Jupyter Notebook are a nice way to test and build a ML Pipeline:

  • prepare the data
  • build the model
  • test the model

In a sense the goal is to try a similar approach with an Automation Scripting:

  • prepare the data that is needed in the repository so that the Operation can run
  • code the operation using scripting
  • test the operation

What problem we want to solve

Automation Scripting and it's current integration in Studio has some known limitations:

  • debuging is not easy
  • test cycle are slow
  • there is no documentation associated to scripts, so maintenance is painful
  • unit testing is complex

Automation Notebook try to solve these issues by providing:

  • inline Markdown documentation
    • you can document your script and your usecases
  • interactive execution
    • direct execution of the script
  • easy access to output
    • result displayed as html
    • logs
  • instant reload/refresh
    • no need for a full hot-reload
  • write unit tests using scripting inside the Notebook
    • write unit tests as part of the development cycle

Using the Automation Notebook

Nuxeo Kernel

nuxeokernel is the Jupyter Notebook "server-side" extension that allows the notebook server to communicate with Nuxeo.

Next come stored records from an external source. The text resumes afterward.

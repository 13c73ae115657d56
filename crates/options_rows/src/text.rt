//! The text of a row.
use std::alloc::{AllocError, Global};

/// The text of a line, or `None` where the line is no row.
pub(crate) fn text_of(alloc: Global, line: &str) -> Result<Option<String>, AllocError> {
    let line = line.replace(alloc, "\\n", "\n")?;
    let parts: Vec<&str> = line.as_str().split(" | ").collect(alloc)?;
    match parts.as_slice() {
        [text] => Ok(Some(String::from_str(alloc, text)?)),
        [front, count, piece, end] => {
            let count: u32 = count.trim().parse().unwrap_or(0);
            Ok(Some(repeated(alloc, front, count, piece, end)?))
        }
        _ => Ok(None),
    }
}

fn repeated(
    alloc: Global,
    front: &str,
    count: u32,
    piece: &str,
    end: &str,
) -> Result<String, AllocError> {
    let mut text = String::from_str(alloc, front)?;
    for _ in 0..count {
        text.push_str(piece)?;
    }
    text.push_str(end)?;
    Ok(text)
}
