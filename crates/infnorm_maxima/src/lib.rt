// The largest size in each row, under factors and of the values alone.
#![tactic(auto)]

ghost use Rattle.std.specs.Prelude.{◌≡◌, ◌-◌, length};
ghost use Rattle.sparse.specs.Matrix.{matrix};
ghost use Rattle.infnorm_factors.specs.Maxima as Maxima;
ghost use Rattle.infnorm_factors.specs.Factors as Factors;
ghost use Rattle.infnorm_maxima.specs.inner.Steps.{Accepted, Stretch};

// The entries of column j. Its own maximum is kept in a local: at the end it replaces what an entry on the diagonal
// stored there, which is the same.
fn scan_column(
    j: usize,
    from: usize,
    to: usize,
    row_idx: &[u32],
    values: &[f64],
    factors: &[f64],
    work: &mut [f64],
)
    requires stretch { Stretch (length work.old) row_idx.now values.now j from to }
    requires factors_len { length factors.now ≡ length work.old }
    ensures { work.new
        ≡ Maxima.enter_column (Factors.scaled_sizes row_idx.now values.now
        factors.now j)
        row_idx.now j (to - from) from work.old }
{
    let dj = factors[j];
    let mut top = work[j];
    for k in from..to {
        let i = row_idx[k] as usize;
        let size = infnorm_factors::scaled_size(factors[i], values[k], dj);
        work[i] = infnorm_factors::larger(work[i], size);
        top = infnorm_factors::larger(top, size);
    }
    work[j] = top;
}

// The maxima under the factors so far.
pub fn row_maxima(
    n: usize,
    col_ptr: &[u32],
    row_idx: &[u32],
    values: &[f64],
    factors: &[f64],
    work: &mut [f64],
)
    requires accepted { Accepted (matrix n col_ptr.now row_idx.now values.now) }
    requires factors_len { (length factors.now ≡ n) × (length work.old ≡ n) }
    ensures { let m = matrix n col_ptr.now row_idx.now values.now in
        let sizes = Factors.scaled_sizes row_idx.now values.now factors.now in
        work.new ≡ Maxima.row_maxima sizes m }
{
    slices::fill(work, 0.0);
    for j in 0..n {
        let from = col_ptr[j] as usize;
        let to = col_ptr[j + 1] as usize;
        scan_column(j, from, to, row_idx, values, factors, work);
    }
}

// As `scan_column`, with the sizes of the values alone.
fn scan_values(
    j: usize,
    from: usize,
    to: usize,
    row_idx: &[u32],
    values: &[f64],
    maxima: &mut [f64],
)
    requires { Stretch (length maxima.old) row_idx.now values.now j from to }
    ensures { maxima.new
        ≡ Maxima.enter_column (Factors.own_sizes values.now j) row_idx.now j (to - from) from
        maxima.old }
{
    let mut top = maxima[j];
    for k in from..to {
        let i = row_idx[k] as usize;
        let size = float64::size_of(values[k]);
        maxima[i] = infnorm_factors::larger(maxima[i], size);
        top = infnorm_factors::larger(top, size);
    }
    maxima[j] = top;
}

// The maxima of the values.
pub fn value_maxima(n: usize, col_ptr: &[u32], row_idx: &[u32], values: &[f64], maxima: &mut [f64])
    requires accepted { Accepted (matrix n col_ptr.now row_idx.now values.now) }
    requires maxima_len { length maxima.old ≡ n }
    ensures { let m = matrix n col_ptr.now row_idx.now values.now in
        let sizes = Factors.own_sizes values.now in
        maxima.new ≡ Maxima.row_maxima sizes m }
{
    slices::fill(maxima, 0.0);
    for j in 0..n {
        let from = col_ptr[j] as usize;
        let to = col_ptr[j + 1] as usize;
        scan_values(j, from, to, row_idx, values, maxima);
    }
}
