// After base.rs: decimal numbers, patterns, and comparing two byte strings (01, 'Tree text').
// Every function takes any bytes and any place, also one past the end. A place is an index into the slice.
#![tactic(auto)]

ghost use Rattle.std.specs.Prelude.{◌≡◌, ◌≤◌, ◌<◌, ◌^◌, leb, ltb, pos, neg_ℤ};
ghost use Rattle.text_numbers.specs.Answers.{unsigned_from, unsigned_at, signed_of, signed_at, pattern_of, pattern_at};

use text_base::{byte_at, is_digit, pattern_end};
use text_parts::{Read, Span};

// What decimal digits say.
#[derive(Clone, Copy)]
pub enum NumberError {
    // 2^64 or more
    TooLarge,
    NoDigit,
}

// The number that the digits from `at` on say behind those that said `said`, however many they are.
fn parse_rest(s: &[u8], at: usize, said: u64) -> Result<Read<u64>, NumberError>
    ensures { result ≡ unsigned_from said s.now at }
{
    let mut value = said;
    for i in at..s.len() {
        let b = s[i];
        if !is_digit(b) {
            return Ok(Read { value, next: i });
        }
        let d = (b - 48) as u64;
        // the largest value to which a digit can be added
        if 1844674407370955161 < value {
            return Err(NumberError::TooLarge);
        }
        if 18446744073709551615 - d < value * 10 {
            return Err(NumberError::TooLarge);
        }
        value = value * 10 + d;
    }
    Ok(Read {
        value,
        next: at.max(s.len()),
    })
}

// Decimal digits, as far as they go; leading zeros without limit. Nineteen digits always fit, and nearly every number has fewer.
pub fn parse_unsigned(s: &[u8], at: usize) -> Result<Read<u64>, NumberError>
    ensures { result ≡ unsigned_at s.now at }
{
    if s.len() <= at {
        return Err(NumberError::NoDigit);
    }
    if !is_digit(s[at]) {
        return Err(NumberError::NoDigit);
    }
    let most = if s.len() - at <= 19 { s.len() } else { at + 19 };
    let mut value: u64 = 0;
    for i in at..most {
        let b = s[i];
        if !is_digit(b) {
            return Ok(Read { value, next: i });
        }
        value = value * 10 + (b - 48) as u64;
    }
    parse_rest(s, most, value)
}

fn plus(m: u64) -> i64
    requires { m < 2 ^ 63 }
    ensures { result ≡ pos m }
{
    m as i64
}

// -m; reaches -2^63, which m as an i64 doesn't.
fn minus(m: u64) -> i64
    requires { m ≤ 2 ^ 63 }
    ensures { result ≡ neg_ℤ (pos m) }
{
    if m == 0 {
        return 0;
    }
    let k = (m - 1) as i64;
    !k
}

fn positive(u: Result<Read<u64>, NumberError>) -> Option<Read<i64>>
    ensures { result ≡ signed_of (λ n. ltb n (2 ^ 63)) pos u }
{
    match u {
        Ok(Read { value, next }) => {
            if value < 9223372036854775808 {
                Some(Read {
                    value: plus(value),
                    next,
                })
            } else {
                None
            }
        }
        Err(_) => None,
    }
}

fn negative(u: Result<Read<u64>, NumberError>) -> Option<Read<i64>>
    ensures { result ≡ signed_of (λ n. leb n (2 ^ 63)) (λ n. neg_ℤ (pos n)) u }
{
    match u {
        Ok(Read { value, next }) => {
            if value <= 9223372036854775808 {
                Some(Read {
                    value: minus(value),
                    next,
                })
            } else {
                None
            }
        }
        Err(_) => None,
    }
}

// Decimal digits, perhaps after -, that fit signed 64 bits; -0 is 0.
pub fn parse_signed(s: &[u8], at: usize) -> Option<Read<i64>>
    ensures { result ≡ signed_at s.now at }
{
    let minus = byte_at(s, at) == 45;
    let digits = if minus { at + 1 } else { at };
    let u = parse_unsigned(s, digits);
    if minus { negative(u) } else { positive(u) }
}

fn some_pattern(start: usize, end: usize, next: usize) -> Option<Read<Span>>
    ensures { result ≡ pattern_of start end next }
{
    if start < end {
        Some(Read {
            value: Span {
                start,
                len: end - start,
            },
            next,
        })
    } else {
        None
    }
}

// A pattern: one or more bytes of the first four classes, bare or in ".
pub fn parse_pattern(s: &[u8], at: usize) -> Option<Read<Span>>
    ensures { result ≡ pattern_at s.now at }
{
    if byte_at(s, at) == 34 {
        let end = pattern_end(s, at + 1);
        if byte_at(s, end) == 34 {
            return some_pattern(at + 1, end, end + 1);
        }
        return None;
    }
    let end = pattern_end(s, at);
    some_pattern(at, end, end)
}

When starting a new notebook, you should select the Nuxeo Kernel.

new-nuxeo-notebook

Interactive execution

When you start a Code cell you can use JS/AutomationScripting: just hit the Arrow on the left side to run the code.

run-cell

NB: the [number] next to the arrow is the exxecution sequence number.

When the code is run, the result is displayed in the page:

  • the outcome of the script
    • document and documents are displayed using html table
  • the execution time

In case of error, the full stack trace should be available:

errors

When using the integrated CodeMirror editor, you can use the TAB key to trigger suggestions/autocomplete. The feature relies on a custom Nuxeo operation that determine the suggestions based on:

  • standard JS reserved keywords
  • variable and function names defined inside the script
  • Automation Operation defined on the server side
  • (schema and fields names to be added)

suggest

Context & Persistence

The Automation Script code is executed and thrown away by the Nuxeo server:

  • it is not persisted
  • there is no persistent context
    • the variables defined inside a cell will not be accessible within an other cell

However, since the repository is persistent on the Nuxeo side, all "side effect" of your code will be persistent.

Basically, if your script create a document and sets a variable:

  • the variable will not survive the execution
  • the document will remain inside the repository

Testing an Automation Scripting Operation

Deploy

If your script start with @Operation(id = "<NameOfMyOperation>") then the Nuxeo server will:

  • compile the code
  • create a new Operation
  • send a confirmation that the code was compiled and deployed as an operation

deploy

Since the operation is kept by the Nuxeo server inside an extension point registry:

  • the operation can be called from any cell, any notebook, or the REST API
  • the operation will be "lost" is the server is restarted

You can update the code of the operation and each execution from the Notebook will:

  • unregister previous code
  • register the new operation
  • flush the Automation Compile cache
    • (not sure what the behavior under concurrency will be)

Setup

Most of the time, your operation can not work without a context to be established: users, documents, vocabularies ...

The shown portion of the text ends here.